Anlass für die aktuelle Debatte ist ein Bericht des Nachrichtenmagazins "Der Spiegel" über Vorwürfe der Schauspielerin Collien Fernandes. Von ihr waren unter anderem mittels Künstlicher Intelligenz gefälschte pornographische Darstellungen im Umlauf. Nun beschuldigt Fernandes ihren Ex-Mann Christian Ulmen und hat Anzeige gegen ihn erstattet. Es gilt die Unschuldsvermutung. Ulmens Anwalt bezeichnete die Berichterstattung über seinen Mandanten als rechtswidrig. Gleichwohl greifen mehrere Zeitungen die Vorwürfe auf, so auch die SÜDWEST-PRESSE aus Ulm: "Dass Fernandes Opfer von Deepfakes geworden ist, war schon vor der aktuellen Berichterstattung bekannt. Seit 2024 engagierte sie sich dafür, endlich eine strafrechtliche Lösung für das Problem zu finden. Die Bundesregierung versprach zwar immer wieder, sich darum zu kümmern. Aber es passierte wenig. Dabei ist das Phänomen nicht mal so neu, wie manche glauben. Schon 2017 tauchten erste sexualisierte Deepfake-Videos auf, bald entstanden erste Apps für genau solche Zwecke. Das ist bald zehn Jahre her. Das Strafrecht hat seitdem nicht reagiert. Auch die EU tut sich schwer damit. Beinahe hätte sie bei der Überarbeitung der KI-Verordnung eine eher lasche Regelung zu Deepfakes durchgewunken, die erst spät nachgeschärft wurde. All das zeigt: Die Dringlichkeit des Problems wurde zu lange verkannt. Auch die Gesetzgebung muss endlich in der neuen Zeit ankommen", mahnt die SÜDWEST-PRESSE aus Ulm.

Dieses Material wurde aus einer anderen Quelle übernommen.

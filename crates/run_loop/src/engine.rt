// What makes turns.
ghost use Rattle.std.specs.Prelude.{◌≡◌, ◌+◌, ◌<◌, ◌≤◌, ◌^◌, length};
ghost use Rattle.esa_model.specs.Changes.{stretches};
ghost use Rattle.run_model.specs.Cores.{Cores};
ghost use Rattle.run_model.specs.Runs.{Model};
ghost use Rattle.run_model.specs.Schedule.{Fits};
ghost use Rattle.silicon.specs.Chip.{Chip};
ghost use Rattle.silicon.specs.Tape.{Tape};
ghost use Rattle.run_loop.specs.Engines.{EngineView, FailsAsStruck, Kept, Obeys, Follows, SoundTurn, told_of};

use arrayvec::ArrayVec;
use esa_model::machine::{Event, Psw};
use result_packet::Written;
use run_model::logs::Entry;
use run_model::schedules::RunKind;
use silicon::Silicon;

/// What a turn tells: its log entries, its event, and at a commit the PSW after it and what it wrote.
#[derive(Drop)]
pub struct Turn {
    pub entries: ArrayVec<Entry, 44>,
    pub event: Option<Event>,
    pub psw: Psw,
    pub written: Written,
}

impl Turn {
    /// A turn that tells nothing. It is lent to turn after turn, each of which is told there.
    pub fn new() -> Turn {
        Turn {
            entries: ArrayVec::new(),
            event: None,
            psw: Psw { w0: 0, w1: 0 },
            written: Written::new(),
        }
    }
}

/// A machine that makes the turns of a schedule under a fault script, on silicon that is lent to each.
pub trait Engine {
    /// What clauses see of it on a silicon, and on what the silicon tells of what was handed in.
    ghost seen: { Self → Chip → Tape → EngineView };

    /// Makes one turn: of a CPU, of the interrupt key of a CPU, or of the return of a core. It is told
    /// in the place of the turn before it.
    fn turn<Z: Silicon>(&mut self, silicon: &mut Z, kind: RunKind, told: &mut Turn)
        requires ready { (seen self.old (Z.seen silicon.old) (Z.tape silicon.old)).ready }
        requires fits { Fits
            (seen self.old (Z.seen silicon.old) (Z.tape silicon.old)).config.cpus kind }
        requires room { (seen self.old (Z.seen silicon.old) (Z.tape silicon.old)).turns < 2 ^ 47 }
        ensures ready { (seen self.new (Z.seen silicon.new) (Z.tape silicon.new)).ready }
        ensures turns { (seen self.new (Z.seen silicon.new) (Z.tape silicon.new)).turns
            ≡ (seen self.old (Z.seen silicon.old) (Z.tape silicon.old)).turns + 1 }
        ensures kept { Kept (seen self.old (Z.seen silicon.old) (Z.tape silicon.old))
            (seen self.new (Z.seen silicon.new) (Z.tape silicon.new)) }
        ensures stretches { length (stretches told.new.written.changed.items) ≤ 135 }
        ensures causes { FailsAsStruck
            (seen self.old (Z.seen silicon.old) (Z.tape silicon.old)).lines
            told.new.entries.items }
        ensures obeys { (s : Cores)
            → (seen self.old (Z.seen silicon.old) (Z.tape silicon.old)).stands_by_mode s
            → Obeys s kind (seen self.old (Z.seen silicon.old) (Z.tape silicon.old))
            (seen self.new (Z.seen silicon.new) (Z.tape silicon.new)) (told_of told.new) }
        ensures follows { (x : Model)
            → (seen self.old (Z.seen silicon.old) (Z.tape silicon.old)).stands x
            → SoundTurn (seen self.old (Z.seen silicon.old) (Z.tape silicon.old)) x kind
            → Follows x kind (seen self.old (Z.seen silicon.old) (Z.tape silicon.old))
            (seen self.new (Z.seen silicon.new) (Z.tape silicon.new)) (told_of told.new) };
}
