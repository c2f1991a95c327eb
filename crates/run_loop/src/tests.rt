// An engine that plays five turns, over files and a console in memory.
ghost use Rattle.std.specs.Prelude.{◌≡◌, ◌≤◌, ◌^◌, [], IfOk, IfSome, length};
ghost use Rattle.esa_model.specs.Changes.{stretches};
ghost use Rattle.g5_outside.specs.MemoryShelves.{shelf_view};
ghost use Rattle.g5_writing.specs.Outputs.{HasFiles};
ghost use Rattle.run_model.specs.Counts.{none_made};
ghost use Rattle.run_loop.specs.Bounds.{Below};
ghost use Rattle.run_loop.specs.Engines.{FailsAsStruck, IsStruck};

use crate::{Engine, Turn, make_run, make_runs, make_turn, none_made};
use arrayvec::ArrayVec;
use esa_model::changes::Changed;
use esa_model::machine::{CpuNo, Event, Psw};
use g5_outside::{Failed, FileNo, MemoryShelf, MemorySink, Shelf, Sink};
use g5_writing::{OutputFiles, start_files};
use result_packet::Written;
use run_model::faults::CoreNo;
use run_model::logs::{Entry, What};
use run_model::outputs::Counts;
use run_model::schedules::{Run, RunKind};
use silicon::{ScriptSilicon, Silicon};
use std::alloc::Global;
use std::test::Fail;

#[derive(Drop)]
struct Player {
    made: u64,
}

// One entry, or none.
#[tactic(auto, using(crate::proofs::Fitting::one_struck, crate::proofs::Fitting::none_struck))]
fn entries_of(entry: Option<Entry>) -> ArrayVec<Entry, 44>
    requires { IfSome entry (λ e. IsStruck [] e.core.0 e.what) }
    ensures { FailsAsStruck [] result.items }
{
    let mut entries = ArrayVec::new();
    match entry {
        None => entries,
        Some(entry) => {
            entries.push(entry);
            entries
        }
    }
}

fn entry(turn: u64, cpu: u8, core: u8, what: What) -> Option<Entry>
    requires { IsStruck [] core what }
    ensures { IfSome result (λ e. IsStruck [] e.core.0 e.what) }
{
    Some(Entry {
        turn,
        cpu: CpuNo(cpu),
        core: CoreNo(core),
        what,
    })
}

fn changed_at(changed: Option<Changed>) -> ArrayVec<Changed, 268>
    ensures { length (stretches result.items) ≤ 1 }
{
    let mut list = ArrayVec::new();
    match changed {
        None => list,
        Some(changed) => {
            list.push(changed);
            list
        }
    }
}

fn turn_of(
    entry: Option<Entry>,
    event: Option<Event>,
    changed: Option<Changed>,
    console: &[u8],
) -> Turn
    requires { IfSome entry (λ e. IsStruck [] e.core.0 e.what) }
    ensures changed { length (stretches result.written.changed.items) ≤ 1 }
    ensures struck { FailsAsStruck [] result.entries.items }
{
    let mut written = Written::new();
    written.changed = changed_at(changed);
    let _ = written.console.try_extend_from_slice(console);
    Turn {
        entries: entries_of(entry),
        event,
        psw: Psw {
            w0: 0x0008_0000,
            w1: 0x8001_0002,
        },
        written,
    }
}

// The turn of this number: a commit after a correction, a retry, an interrupt key, the
// return of a core, and then commits that change nothing.
fn played(number: u64) -> Turn
    ensures changed { length (stretches result.written.changed.items) ≤ 1 }
    ensures struck { FailsAsStruck [] result.entries.items }
{
    match number {
        1 => turn_of(
            entry(1, 0, 0, What::Corrected(5, 10)),
            Some(Event::Commit(CpuNo(0))),
            Some(Changed {
                at: 0x12000,
                byte: 0x40,
            }),
            &[0xC8, 0xC9],
        ),
        2 => turn_of(entry(2, 0, 0, What::Retry(1)), None, None, &[]),
        3 => turn_of(None, Some(Event::Key(CpuNo(1))), None, &[]),
        4 => turn_of(entry(4, 255, 9, What::Returned), None, None, &[]),
        _ => turn_of(None, Some(Event::Commit(CpuNo(1))), None, &[]),
    }
}

impl Engine for Player {
    ghost seen = { λ p z t. record {
      lines = [];
      config = record { cpus = 2; spares = 2; pages = 32; threshold = 3 };
      turns = p.made;
      tape = t;
      ready = Unit {0};
      stands_by_mode = λ s. ⊥;
      stands = λ x. ⊥;
      hands = λ x kind. [];
    } };

    fn turn<Z: Silicon>(&mut self, _silicon: &mut Z, _kind: RunKind, told: &mut Turn) {
        self.made += 1;
        *told = played(self.made);
    }
}

const RUNS: [Run; 4] = [
    Run {
        what: RunKind::Turns(CpuNo(0)),
        count: 2,
    },
    Run {
        what: RunKind::Key(CpuNo(1)),
        count: 1,
    },
    Run {
        what: RunKind::Return(CoreNo(9)),
        count: 1,
    },
    Run {
        what: RunKind::Turns(CpuNo(1)),
        count: 1,
    },
];

const LOG: &[u8] = b"1 0 0 CORRECTED 5 10\n2 0 0 RETRY 1\n4 - 9 RETURNED\n";

const TRACE: &[u8] = b"1 C0 00080000 80010002 012000=40\n2 C1 00080000 80010002\n";

// The call of this number fails; calls are numbered from 1.
fn memory_shelf(alloc: Global, failing: u64) -> Result<MemoryShelf, Fail>
    ensures { IfOk result (λ s. (shelf_view s).numbers ≡ []) }
{
    let failing = Vec::from_slice(alloc, &[failing])?;
    Ok(MemoryShelf::new(alloc, Vec::new(alloc), failing, 200)?)
}

fn memory_sink(alloc: Global, failing: u64) -> Result<MemorySink, Fail> {
    let failing = Vec::from_slice(alloc, &[failing])?;
    Ok(MemorySink::new(alloc, failing, 200)?)
}

// How a run ended, and what it left.
#[derive(Drop)]
struct Left {
    ended: Result<Counts, Failed>,
    shelf: MemoryShelf,
    out: MemorySink,
}

// Plays the turns over a shelf and a sink of which the calls of these numbers fail.
#[tactic(auto, using(crate::proofs::Fitting::all_fit))]
fn play(alloc: Global, shelf_fails: u64, sink_fails: u64) -> Result<Left, Fail> {
    let mut shelf = memory_shelf(alloc, shelf_fails)?;
    let mut out = memory_sink(alloc, sink_fails)?;
    let mut player = Player { made: 0 };
    let mut silicon = ScriptSilicon::new();
    let ended = match start_files(&mut shelf, "L", "T") {
        Err(failed) => Err(failed),
        Ok(files) => make_runs(
            &mut player,
            &mut silicon,
            &mut shelf,
            &mut out,
            files,
            &RUNS,
            none_made(),
        ),
    };
    Ok(Left { ended, shelf, out })
}

// Whether log, trace and console have so many of the bytes that they are to have.
fn has(left: &Left, log: usize, trace: usize, console: usize) -> bool {
    let in_log = left.shelf.text_of(FileNo(0));
    let in_trace = left.shelf.text_of(FileNo(1));
    in_log.len() == log
        && LOG.starts_with(in_log)
        && in_trace.len() == trace
        && TRACE.starts_with(in_trace)
        && left.out.taken().len() == console
}

#[test]
fn turns_of_each_kind(rt: HostRuntime) -> Result<(), Fail> {
    let left = play(rt.alloc(), 0, 0)?;
    let counts = Counts {
        turns: 5,
        commits: 2,
        fails: 0,
        retries: 1,
        corrected: 1,
        spared: 0,
        stopped: 0,
        returned: 1,
    };
    assert_eq!(rt; left.ended, Ok(counts));
    assert!(rt; has(&left, 50, 56, 2));
    Ok(())
}

// The calls of the shelf: it creates log and trace, and then writes a log entry, a trace line, two log
// entries and a trace line. A fault leaves what was written before it.
#[test]
fn turns_up_to_a_fault(rt: HostRuntime) -> Result<(), Fail> {
    let cases: [(u64, u64, usize, usize, usize); 6] = [
        (3, 0, 0, 0, 0),
        (4, 0, 21, 0, 0),
        (0, 1, 21, 33, 0),
        (5, 0, 21, 33, 2),
        (6, 0, 35, 33, 2),
        (7, 0, 50, 33, 2),
    ];
    for (shelf_fails, sink_fails, log, trace, console) in cases {
        let left = play(rt.alloc(), shelf_fails, sink_fails)?;
        assert_eq!(rt; left.ended, Err(Failed));
        assert!(rt; has(&left, log, trace, console));
    }
    Ok(())
}

// So many turns and commits, and nothing else.
fn counts_of(turns: u64, commits: u64) -> Counts
    ensures { result ≡ record none_made { turns = turns; commits = commits } }
{
    Counts {
        turns,
        commits,
        fails: 0,
        retries: 0,
        corrected: 0,
        spared: 0,
        stopped: 0,
        returned: 0,
    }
}

// One turn, and the two of a run, after others: their commits are numbered on.
fn play_on<F: Shelf, O: Sink>(
    shelf: &mut F,
    out: &mut O,
    files: OutputFiles,
    start: Counts,
) -> Result<Counts, Failed>
    requires files { HasFiles (F.seen shelf.old) files }
    requires below { Below (2 ^ 60) start }
    requires commits { start.commits ≤ 999990 }
{
    let mut player = Player { made: 4 };
    let mut silicon = ScriptSilicon::new();
    let kind = RunKind::Turns(CpuNo(1));
    let mut told = Turn::new();
    match make_turn(
        &mut player,
        &mut silicon,
        shelf,
        out,
        files,
        kind,
        start,
        &mut told,
    ) {
        Err(failed) => return Err(failed),
        Ok(_) => {}
    }
    let run = Run {
        what: kind,
        count: 2,
    };
    make_run(
        &mut player,
        &mut silicon,
        shelf,
        out,
        files,
        run,
        start,
        &mut told,
    )
}

#[test]
fn turns_after_others(rt: HostRuntime) -> Result<(), Fail> {
    let mut shelf = memory_shelf(rt.alloc(), 0)?;
    let mut out = memory_sink(rt.alloc(), 0)?;
    let start = counts_of(700_000, 600_000);
    let ended = match start_files(&mut shelf, "L", "T") {
        Err(failed) => Err(failed),
        Ok(files) => play_on(&mut shelf, &mut out, files, start),
    };
    let trace =
        b"600001 C1 00080000 80010002\n600001 C1 00080000 80010002\n600002 C1 00080000 80010002\n";
    assert_eq!(rt; ended, Ok(counts_of(700_002, 600_002)));
    assert_eq!(rt; shelf.text_of(FileNo(1)), trace.as_slice());
    Ok(())
}
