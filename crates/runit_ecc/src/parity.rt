ghost use Rattle.std.specs.Prelude.{◌≡◌, ◌*◌, ◌<◌, ◌≤◌, ◌^◌, ◌==◌, if◌then◌else◌};
ghost use Rattle.std.specs.Int.{bit_at};
ghost use Rattle.run_model.specs.Code.{flip};
ghost use Rattle.runit_ecc.specs.Syndrome.{parity, check_parity, parities, check_mask, check_masks, set_checks};

/// The check position with the number 2^j.
#[tactic(auto, using(crate::proofs::Room::check_number))]
pub(crate) fn check_position(j: u32) -> u32
    requires { j < 7 }
    ensures value { result ≡ 2 ^ j }
    ensures few { result ≤ 64 }
    ensures past { j < result }
{
    1 << j
}

/// 1 where w has an odd number of ones, else 0.
#[tactic(auto, using(crate::proofs::Counting::count_parity))]
pub(crate) fn parity_of(w: u128) -> u32
    ensures value { result ≡ parity w }
    ensures few { result < 2 }
{
    w.count_ones() % 2
}

// The parity of the positions with the bit 2^j, which the mask names, in the place of that bit.
#[tactic(auto, using(crate::proofs::Counting::masked_parity))]
fn check_bit(positions: u128, j: u32, w: u128) -> u32
    requires few { j < 7 }
    requires masked { positions ≡ check_mask j }
    ensures value { result ≡ check_parity j w * 2 ^ j }
    ensures small { result ≤ 64 }
{
    if parity_of(w & positions) == 1 {
        check_position(j)
    } else {
        0
    }
}

/// The parities of the first checks, as the number that names the position of a single wrong bit.
#[tactic(auto, using(crate::proofs::Counting::masks_are))]
pub(crate) fn syndrome_of(masks: &[u128], checks: u32, w: u128) -> u32
    requires masks { masks.now ≡ check_masks }
    requires few { checks ≤ 7 }
    ensures { result ≡ parities checks w }
{
    let mut syndrome: u32 = 0;
    for j in 0..checks {
        syndrome += check_bit(masks[j as usize], j, w);
    }
    syndrome
}

/// w with one position changed.
pub(crate) fn changed(w: u128, p: u32) -> u128
    requires { p < 128 }
    ensures { result ≡ flip w p }
{
    w ^ (1 << p)
}

// One check position changed, where s has the bit.
fn with_check(w: u128, s: u32, j: u32) -> u128
    requires { j < 7 }
    ensures { result ≡ (if bit_at s j == 1 then flip w (2 ^ j) else w) }
{
    if (s >> j) & 1 == 1 {
        changed(w, check_position(j))
    } else {
        w
    }
}

/// w with the check positions changed whose bits s has.
pub(crate) fn with_all_checks(checks: u32, s: u32, w: u128) -> u128
    requires { checks ≤ 7 }
    ensures { result ≡ set_checks checks s w }
{
    let mut r = w;
    for j in 0..checks {
        r = with_check(r, s, j);
    }
    r
}
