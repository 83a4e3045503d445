// Laws of the field of a layout: no number of a place depends on the sign of a zero coordinate. No code.
#![tactic(auto)]
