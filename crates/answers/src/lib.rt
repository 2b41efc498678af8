// What a call gives: a value, or the refusal that it meets.
#![tactic(auto)]

ghost use Rattle.std.specs.Prelude.{◌≡◌};
ghost use Rattle.model.specs.Answers.{answer_number};

use model::refusal::Refusal;

// The documents' number of the answer.
pub fn number<T: Copy>(answer: Result<T, Refusal>) -> u32
    ensures answer { result ≡ answer_number answer }
{
    match answer {
        Ok(_) => 0,
        Err(refusal) => refusal as u32,
    }
}
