// What holds of the reader and the builder of `packet` together. No code: each contract is a theorem, and its statement is under
// specs/.
#![tactic(auto)]

ghost use Rattle.packet_laws.specs.Inverse.{Inverse, AcceptsLayouts};

// What is built reads back, and what is read, built again, is the same datagram. It has no code: its contract is the theorem.
pub fn reader_and_builder_are_inverse()
    ensures { Inverse }
{}

// What the reader accepts is exactly the listed layouts. It has no code: its contract is the theorem.
pub fn reader_accepts_listed_layouts()
    ensures { AcceptsLayouts }
{}
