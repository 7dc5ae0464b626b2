//! The steps of an order: its bytes are cut, what it asks for is carried out, a report is queued, and
//! what waits is written.

ghost use Rattle.std.specs.Prelude.{◌≡◌, ◌≤◌, [], length, false, true, IfOk, None, OnOk, IsNone};
ghost use Rattle.session_core.specs.Runs.{binds as is_logon};
ghost use Rattle.session_core.specs.declared.routing.TheConstants.{MOST_SESSIONS};
ghost use Rattle.switchboard.specs.Board.{Board, book_at, connection_at};
ghost use Rattle.switchboard.specs.Going.{is_coming};
ghost use Rattle.switchboard.specs.Happenings.{Happening, Happens};
ghost use Rattle.switchboard.specs.Sound.{bound_of};
ghost use Rattle.session_speed.specs.Market.{IsOpen};

use crate::texts::{MORNING, REPORT};
use crate::trouble::Trouble;
use book_desk::can_show;
use connection_core::{MOST_WRITTEN, OwnedPiece};
use fix_fields::{FieldError, Fields};
use fix_frame::is_body;
use gate_io::{Bytes, NoMemory};
use lease_core::{Reply, Standing, Word};
use resend_plan::LONGEST_APPLICATION_BODY;
use session_book::SessionBook;
use session_core::{Cause, MOST_SESSIONS, Names, route};
use std::alloc::Global;
use std::collections::VecDeque;
use switchboard::Switchboard;
use switchboard::laws::{boards_go_on, boards_stay_ready, ready_boards_allow};

/// The session GATE/BUYER, bound to no connection, and a connection on which nothing came.
pub fn open(alloc: Global) -> Result<Switchboard, NoMemory>
    ensures { IfOk result IsOpen }
{
    boards_stay_ready();
    let us = Vec::from_slice(alloc, b"GATE")?;
    let them = Vec::from_slice(alloc, b"BUYER")?;
    let mut board = Switchboard::new(alloc);
    board.add(SessionBook::new(alloc, us, them, 1)?)?;
    board.accept(alloc, 0, MORNING)?;
    Ok(board)
}

/// Whatever happens but that a connection comes, session and connection stay there.
fn markets_stay_open()
    ensures stays { (happening : Happening) (old new : Board) → is_coming happening ≡ false → Happens happening old new → IsOpen old → IsOpen new }
{
    boards_stay_ready();
    boards_go_on();
}

/// Library 1 gets the session.
pub fn take_session(board: &mut Switchboard) -> Result<(), Trouble>
    requires market { IsOpen board.old }
    ensures market { OnOk result (IsOpen board.new) }
{
    markets_stay_open();
    let reply = board.request(0, 1, 1, 0)?;
    if !matches!(reply, Reply::Granted { .. }) {
        return Err(Trouble::NotGranted);
    }
    Ok(())
}

/// The library that has the session and answers each order by the same report, and the engine's steps
/// around it.
#[derive(Drop)]
pub struct Answerer {
    names: Vec<Names>,
    /// The reports that are about to be shown. It is kept for its room.
    bodies: VecDeque<Bytes>,
    /// How many orders were answered.
    pub answered: u32,
    /// How many bytes were written.
    pub written: u64,
    ghost few: { length names.items ≤ MOST_SESSIONS },
    ghost none: { bodies.items ≡ [] },
}

impl Answerer {
    /// One that answered no order.
    pub fn new(alloc: Global) -> Result<Answerer, NoMemory> {
        Ok(Answerer {
            names: names(alloc)?,
            bodies: VecDeque::new(alloc),
            answered: 0,
            written: 0,
        })
    }

    /// Bytes come, and what they ask for is carried out, answered and written.
    pub fn bring(
        &mut self,
        alloc: Global,
        board: &mut Switchboard,
        bytes: &[u8],
    ) -> Result<(), Trouble>
        requires market { IsOpen board.old }
        ensures market { OnOk result (IsOpen board.new) }
    {
        take_in(board, bytes)?;
        for _piece in 0..bytes.len() {
            if !self.handle_next(alloc, board)? {
                break;
            }
        }
        self.write(alloc, board)
    }

    /// Handles the next piece, if there is one.
    fn handle_next(&mut self, alloc: Global, board: &mut Switchboard) -> Result<bool, Trouble>
        requires market { IsOpen board.old }
        ensures market { OnOk result (IsOpen board.new) }
    {
        match next(alloc, board)? {
            None => Ok(false),
            Some(OwnedPiece::Garbled { .. }) => Err(Trouble::Garbled),
            Some(OwnedPiece::Good(body)) => {
                self.handle(alloc, board, body)?;
                Ok(true)
            }
        }
    }

    /// The first message binds the session, and each later one is answered.
    fn handle(
        &mut self,
        alloc: Global,
        board: &mut Switchboard,
        body: Vec<u8>,
    ) -> Result<(), Trouble>
        requires market { IsOpen board.old }
        ensures market { OnOk result (IsOpen board.new) }
    {
        if board.connection(0).session().is_none() {
            return self.greet(alloc, board, body);
        }
        hear(alloc, board, body)?;
        self.report(alloc, board)
    }

    /// The first message binds the session.
    fn greet(
        &mut self,
        alloc: Global,
        board: &mut Switchboard,
        body: Vec<u8>,
    ) -> Result<(), Trouble>
        requires market { IsOpen board.old }
        ensures market { OnOk result (IsOpen board.new) }
    {
        let connection = board.connection(0);
        if connection.has_ended() || connection.session().is_some() {
            return Err(Trouble::NotBound);
        }
        let names = self.names.as_slice();
        if board.session(0).bound().is_some() || why_refused(alloc, &body, names)?.is_some() {
            return Err(Trouble::NotBound);
        }
        bind(alloc, board, names, body)
    }

    /// A report is shown, and waits on the connection.
    fn report(&mut self, alloc: Global, board: &mut Switchboard) -> Result<(), Trouble>
        requires market { IsOpen board.old }
        ensures market { OnOk result (IsOpen board.new) }
    {
        ready_boards_allow();
        markets_stay_open();
        let w = Word {
            lease: 1,
            owner: 1,
            standing: Standing::Active,
            count: self.answered.saturating_add(1),
        };
        let book = board.session(0);
        if !can_show(book, w) || w.count.saturating_sub(book.word().count) != 1 {
            return Err(Trouble::NotShown);
        }
        if !is_body(REPORT) || REPORT.len() > LONGEST_APPLICATION_BODY {
            return Err(Trouble::NotShown);
        }
        board.reserve(alloc, 0, 3)?;
        let body = Vec::from_slice(alloc, REPORT)?;
        self.bodies.push_back(Bytes::of(body))?;
        board.show(alloc, 0, w, &mut self.bodies, MORNING, MORNING);
        self.answered = w.count;
        Ok(())
    }

    /// What waits is written.
    fn write(&mut self, alloc: Global, board: &mut Switchboard) -> Result<(), Trouble>
        requires market { IsOpen board.old }
        ensures market { OnOk result (IsOpen board.new) }
    {
        prepare(board)?;
        let n = wrote(board);
        self.written = self.written.saturating_add(n as u64);
        Ok(())
    }
}

/// Bytes come, if the connection stands and has room for them.
fn take_in(board: &mut Switchboard, bytes: &[u8]) -> Result<(), Trouble>
    requires market { IsOpen board.old }
    ensures market { OnOk result (IsOpen board.new) }
{
    markets_stay_open();
    let connection = board.connection(0);
    if connection.has_ended() || bytes.len() > connection.room() {
        return Err(Trouble::NoRoom);
    }
    board.take_in(0, bytes)?;
    Ok(())
}

/// The next piece, if there is one and the connection stands.
fn next(alloc: Global, board: &mut Switchboard) -> Result<Option<OwnedPiece>, Trouble>
    requires market { IsOpen board.old }
    ensures market { OnOk result (IsOpen board.new) }
{
    markets_stay_open();
    if board.connection(0).has_ended() {
        return Err(Trouble::Ended);
    }
    let piece = board.next(alloc, 0)?;
    Ok(piece)
}

/// A message comes on the connection to which the session is bound.
fn hear(alloc: Global, board: &mut Switchboard, body: Vec<u8>) -> Result<(), Trouble>
    requires market { IsOpen board.old }
    ensures market { OnOk result (IsOpen board.new) }
{
    ready_boards_allow();
    markets_stay_open();
    let Some(k) = board.place(0) else {
        return Err(Trouble::NotBound);
    };
    let end = board.receive(alloc, 0, k, body, MORNING)?;
    match end {
        None => Ok(()),
        Some(_) => Err(Trouble::Ended),
    }
}

/// The session is bound to the connection.
fn bind(
    alloc: Global,
    board: &mut Switchboard,
    _names: &[Names],
    body: Vec<u8>,
) -> Result<(), Trouble>
    requires market { IsOpen board.old }
    requires logon { is_logon _names.now body.items ≡ true }
    requires stands { IsNone (connection_at board.old 0).cause }
    requires unbound { IsNone (connection_at board.old 0).session }
    requires free { bound_of (book_at board.old 0) ≡ None }
    ensures market { OnOk result (IsOpen board.new) }
{
    markets_stay_open();
    let end = board.bind(alloc, 0, 0, body, MORNING)?;
    match end {
        None => Ok(()),
        Some(_) => Err(Trouble::Ended),
    }
}

/// The texts of what waits are made.
fn prepare(board: &mut Switchboard) -> Result<(), Trouble>
    requires market { IsOpen board.old }
    ensures market { OnOk result (IsOpen board.new) }
{
    ready_boards_allow();
    markets_stay_open();
    let Some(k) = board.place(0) else {
        return Err(Trouble::NotBound);
    };
    board.prepare(0, k, MOST_WRITTEN)?;
    Ok(())
}

/// What waits was written. Answers how many bytes.
fn wrote(board: &mut Switchboard) -> usize
    requires market { IsOpen board.old }
    ensures market { IsOpen board.new }
{
    markets_stay_open();
    let n = board.connection(0).waiting(MOST_WRITTEN).len();
    board.wrote(0, n);
    n
}

/// Why a first message binds no session of these names.
fn why_refused(alloc: Global, body: &[u8], names: &[Names]) -> Result<Option<Cause>, NoMemory>
    requires { length names.now ≤ MOST_SESSIONS }
    ensures { IfOk result (λ why. why ≡ None → is_logon names.now body.now ≡ true) }
{
    match Fields::read(alloc, body) {
        Ok(fields) => Ok(route(&fields, names).err()),
        Err(FieldError::OutOfMemory) => Err(NoMemory::OutOfMemory),
        Err(_) => Ok(Some(Cause::NotLogon)),
    }
}

fn names(alloc: Global) -> Result<Vec<Names>, NoMemory>
    ensures { IfOk result (λ names. length names.items ≡ 1) }
{
    let mut names = Vec::new(alloc);
    names.push(Names {
        us: Bytes::of(Vec::from_slice(alloc, b"GATE")?),
        them: Bytes::of(Vec::from_slice(alloc, b"BUYER")?),
    })?;
    Ok(names)
}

Die FRANKFURTER ALLGEMEINE ZEITUNG blickt ebenfalls auf die Pläne von Bundesjustizministerin Hubig für ein digitales Gewaltschutzgesetz und gibt zu bedenken: "Es stellt sich, wie immer, wenn der Staat gesetzgeberisch tätig wird, die Frage nach der Lücke: Gibt es sie? Die Antwort ist in diesem Fall zweischneidig. Richtig ist, dass etwa mithilfe von KI generierte Pornos bisher keiner speziellen Strafnorm unterliegen. Richtig ist aber auch, dass schon jetzt zahlreiche Regeln aus dem Strafgesetzbuch, je nach Einzelfall, berührt sein können. Diese Vorschriften, hierzu zählt etwa das Recht am eigenen Bild, erfassen das von Hubig in den Blick genommene Phänomen aber nur unvollständig. Der Unrechtskern bleibt unberührt. Klar ist aber auch: Wer deshalb neues Strafrecht schafft, darf am Vollzug nicht sparen", unterstreicht die F.A.Z.
Die NEUE OSNABRÜCKER ZEITUNG weitet in ihrem Kommentar den Blick zu Fällen wie den von Gisèle Pelicot in Frankreich sowie die Epstein-Affäre. "Wer Gewalt ausleben will, findet online Komplizen. Auch die Folgenlosigkeit sexueller Gewalt nimmt zu. Früher nutzte den Tätern die geringe Anzeigebereitschaft und Aufklärungsquote. Jetzt haben wir es mit lauter Tatmustern zu tun, für die es noch nicht mal Gesetze gibt. Frauen in der Sauna filmen? KI-Rache-Pornos? Im Zweifel ist all das nicht mal verboten. Nicht alle Männer sind Täter. Aber Täter sind überall. Auch bevor das ausgesprochen war, lebten Frauen danach. An der Bar das Glas im Blick zu behalten, hilft aber nichts, wenn der Täter zu Hause wartet."